Stored data
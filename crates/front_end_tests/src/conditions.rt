//! Conditions and expressions, from their tokens to the tokens that are printed of them.

use crate::texts::tokens_of;
use cob_base::NoMemory;
use cob_tree::{Cond, Expr, NameFault, ParseError, ParseFault, Program};
use cobol_grammar::part_readers::{drop_condition, drop_expr};
use cobol_lex::{LexError, Token, TokenKind};
use cobol_read::read;
use cond_parse::from_tokens::{CondPart, ExprPart, parse_cond, parse_expr};
use std::alloc::Global;
use std::test::Fail;
use symbol_tables::data_names::NameTable;
use unparser::Tokens;

const DATA: &[u8] = b"       IDENTIFICATION DIVISION.
       PROGRAM-ID. T.
       DATA DIVISION.
       WORKING-STORAGE SECTION.
       01 PAY PIC 9(4).
           88 RICH VALUE 1000 THRU 9999.
       01 TAX PIC 9(4).
       01 OLD.
           05 AGE PIC 99.
       01 NEW.
           05 AGE PIC 99.
       PROCEDURE DIVISION.
       A.
           STOP RUN.
";

// The text, how many tokens are its condition, and what is printed of it.
const CONDS: [(&str, usize, &str); 10] = [
    ("PAY = 1", 3, "PAY = 1"),
    ("PAY IS NOT EQUAL TO TAX END-IF", 6, "PAY NOT = TAX"),
    // what follows a relation may leave out its left side, and its sign too
    ("PAY = 1 OR 2", 5, "PAY = 1 OR PAY = 2"),
    ("PAY = 1 OR > TAX", 6, "PAY = 1 OR PAY > TAX"),
    (
        "PAY NOT = 1 AND 2 AND < 9",
        9,
        "(PAY NOT = 1 AND PAY NOT = 2) AND PAY < 9",
    ),
    (
        "PAY = 1 OR 2 AND TAX OR > 5",
        10,
        "(PAY = 1 OR (PAY = 2 AND PAY = TAX)) OR PAY > 5",
    ),
    // a NOT before a relation isn't carried on, and the name of a level 88 changes nothing
    ("NOT PAY = 1 OR 2", 6, "NOT (PAY = 1) OR PAY = 2"),
    ("PAY = 1 OR RICH OR 2", 7, "(PAY = 1 OR RICH) OR PAY = 2"),
    // a NOT that isn't the condition's own comes after it
    ("PAY > TAX NOT AT END", 3, "PAY > TAX"),
    ("AGE OF NEW IS NOT NUMERIC", 6, "AGE OF NEW NOT NUMERIC"),
];

const EXPRS: [(&str, usize, &str); 3] = [
    ("PAY + 2 * (TAX - 1)", 9, "PAY + (2 * (TAX - 1))"),
    ("PAY - 1 - TAX = 3", 5, "(PAY - 1) - TAX"),
    ("- PAY / 2 DISPLAY", 4, "(- PAY) / 2"),
];

/// How many tokens are read of a text, 0 where it isn't read, and its fault.
type Stop = (usize, ParseFault);

const NO_CONDS: [(&str, Stop); 6] = [
    // faults of syntax, at the first token that can't come there, or at the end
    ("PAY =\nOR 1", (0, ParseFault::Syntax(2))),
    ("PAY = 1 AND\n(TAX = 2", (0, ParseFault::Syntax(2))),
    ("PAY = 1 OR NOT\n2\nDISPLAY", (0, ParseFault::Syntax(3))),
    ("(PAY = 1)\nOR 2 DISPLAY", (0, ParseFault::Syntax(2))),
    // faults of names
    (
        "PAY = 1 OR\nNOBODY = 2 OR\nAGE",
        (9, ParseFault::Name(NameFault::Unknown(2))),
    ),
    (
        "PAY = AGE\nOR NOBODY",
        (5, ParseFault::Name(NameFault::Ambiguous(1))),
    ),
];

const NO_EXPRS: [(&str, Stop); 3] = [
    ("PAY +\n)", (0, ParseFault::Syntax(2))),
    ("(PAY +\n1", (0, ParseFault::Syntax(2))),
    (
        "PAY *\nNOBODY",
        (3, ParseFault::Name(NameFault::Unknown(2))),
    ),
];

// Whether these tokens are the wanted ones.
fn are_tokens(found: &[TokenKind], wanted: &[Token]) -> bool {
    for (kind, token) in found.iter().zip(wanted.iter()) {
        if *kind != token.kind {
            return false;
        }
    }
    found.len() == wanted.len()
}

fn prints_cond(
    alloc: Global,
    program: &Program,
    cond: &Cond,
    wanted: &[Token],
) -> Result<bool, NoMemory> {
    let mut list = Tokens::new(alloc);
    list.cond(program, cond, false)?;
    let printed = list.into_items();
    Ok(are_tokens(printed.as_slice(), wanted))
}

fn prints_expr(
    alloc: Global,
    program: &Program,
    expr: &Expr,
    wanted: &[Token],
) -> Result<bool, NoMemory> {
    let mut list = Tokens::new(alloc);
    list.expr(program, expr, false)?;
    let printed = list.into_items();
    Ok(are_tokens(printed.as_slice(), wanted))
}

// Whether so many of these tokens are a condition, of which that is printed.
fn is_cond(
    alloc: Global,
    program: &Program,
    names: &NameTable,
    tokens: &[Token],
    count: usize,
    wanted: &[Token],
) -> Result<bool, NoMemory> {
    match parse_cond(alloc, tokens, 0, names) {
        Err(_) => Ok(false),
        Ok(part) => {
            let CondPart { cond, next, fault } = part;
            let printed = prints_cond(alloc, program, &cond, wanted);
            drop_condition(cond);
            Ok(printed? && next == count && fault.is_none())
        }
    }
}

fn is_expr(
    alloc: Global,
    program: &Program,
    names: &NameTable,
    tokens: &[Token],
    count: usize,
    wanted: &[Token],
) -> Result<bool, NoMemory> {
    match parse_expr(alloc, tokens, 0, names) {
        Err(_) => Ok(false),
        Ok(part) => {
            let ExprPart { expr, next, fault } = part;
            let printed = prints_expr(alloc, program, &expr, wanted);
            drop_expr(expr);
            Ok(printed? && next == count && fault.is_none())
        }
    }
}

fn stop_of(error: ParseError) -> Option<Stop> {
    match error {
        ParseError::Fault(fault) => Some((0, fault)),
        _ => None,
    }
}

fn name_of(next: usize, fault: Option<NameFault>) -> Option<Stop> {
    match fault {
        Some(fault) => Some((next, ParseFault::Name(fault))),
        None => None,
    }
}

fn cond_stop(alloc: Global, names: &NameTable, tokens: &[Token]) -> Option<Stop> {
    match parse_cond(alloc, tokens, 0, names) {
        Err(error) => stop_of(error),
        Ok(part) => {
            let CondPart { cond, next, fault } = part;
            drop_condition(cond);
            name_of(next, fault)
        }
    }
}

fn expr_stop(alloc: Global, names: &NameTable, tokens: &[Token]) -> Option<Stop> {
    match parse_expr(alloc, tokens, 0, names) {
        Err(error) => stop_of(error),
        Ok(part) => {
            let ExprPart { expr, next, fault } = part;
            drop_expr(expr);
            name_of(next, fault)
        }
    }
}

type Wrong = Result<Option<&'static str>, LexError>;

// The first text that isn't read as its row says.
fn wrong_cond(alloc: Global, program: &Program, names: &NameTable) -> Wrong {
    for (text, count, wanted) in CONDS {
        let tokens = tokens_of(alloc, text)?;
        let wanted = tokens_of(alloc, wanted)?;
        let (tokens, wanted) = (tokens.as_slice(), wanted.as_slice());
        if !is_cond(alloc, program, names, tokens, count, wanted)? {
            return Ok(Some(text));
        }
    }
    Ok(None)
}

fn wrong_expr(alloc: Global, program: &Program, names: &NameTable) -> Wrong {
    for (text, count, wanted) in EXPRS {
        let tokens = tokens_of(alloc, text)?;
        let wanted = tokens_of(alloc, wanted)?;
        let (tokens, wanted) = (tokens.as_slice(), wanted.as_slice());
        if !is_expr(alloc, program, names, tokens, count, wanted)? {
            return Ok(Some(text));
        }
    }
    Ok(None)
}

fn wrong_cond_stop(alloc: Global, names: &NameTable) -> Wrong {
    for (text, stop) in NO_CONDS {
        let tokens = tokens_of(alloc, text)?;
        if cond_stop(alloc, names, tokens.as_slice()) != Some(stop) {
            return Ok(Some(text));
        }
    }
    Ok(None)
}

fn wrong_expr_stop(alloc: Global, names: &NameTable) -> Wrong {
    for (text, stop) in NO_EXPRS {
        let tokens = tokens_of(alloc, text)?;
        if expr_stop(alloc, names, tokens.as_slice()) != Some(stop) {
            return Ok(Some(text));
        }
    }
    Ok(None)
}

fn wrong_of(alloc: Global, program: &Program, names: &NameTable) -> Wrong {
    if let Some(text) = wrong_cond(alloc, program, names)? {
        return Ok(Some(text));
    }
    if let Some(text) = wrong_expr(alloc, program, names)? {
        return Ok(Some(text));
    }
    if let Some(text) = wrong_cond_stop(alloc, names)? {
        return Ok(Some(text));
    }
    wrong_expr_stop(alloc, names)
}

// The same, by the names of a program.
fn wrong_by(alloc: Global, program: &Program) -> Wrong {
    let files = program.files.as_slice();
    let entries = program.entries.as_slice();
    if files.len() >= 1 << 31 || entries.len() >= 1 << 31 {
        return Err(LexError::NoMemory);
    }
    match NameTable::new(alloc, files, entries) {
        Err(NoMemory) => Err(LexError::NoMemory),
        Ok(names) => {
            let wrong = wrong_of(alloc, program, &names);
            drop(names);
            wrong
        }
    }
}

#[test]
fn conditions_and_expressions_are_parsed(rt: HostRuntime) -> Result<(), Fail> {
    match read(rt.alloc(), DATA) {
        Err(refusal) => {
            drop(refusal);
            Err(Fail::from("the data"))
        }
        Ok(program) => {
            let wrong = wrong_by(rt.alloc(), &program);
            drop(program);
            assert_eq!(rt; wrong?, None);
            Ok(())
        }
    }
}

About this task: Go through the data line by line and work out how many lines contain "usize". Give only that number.

Problem solution: 6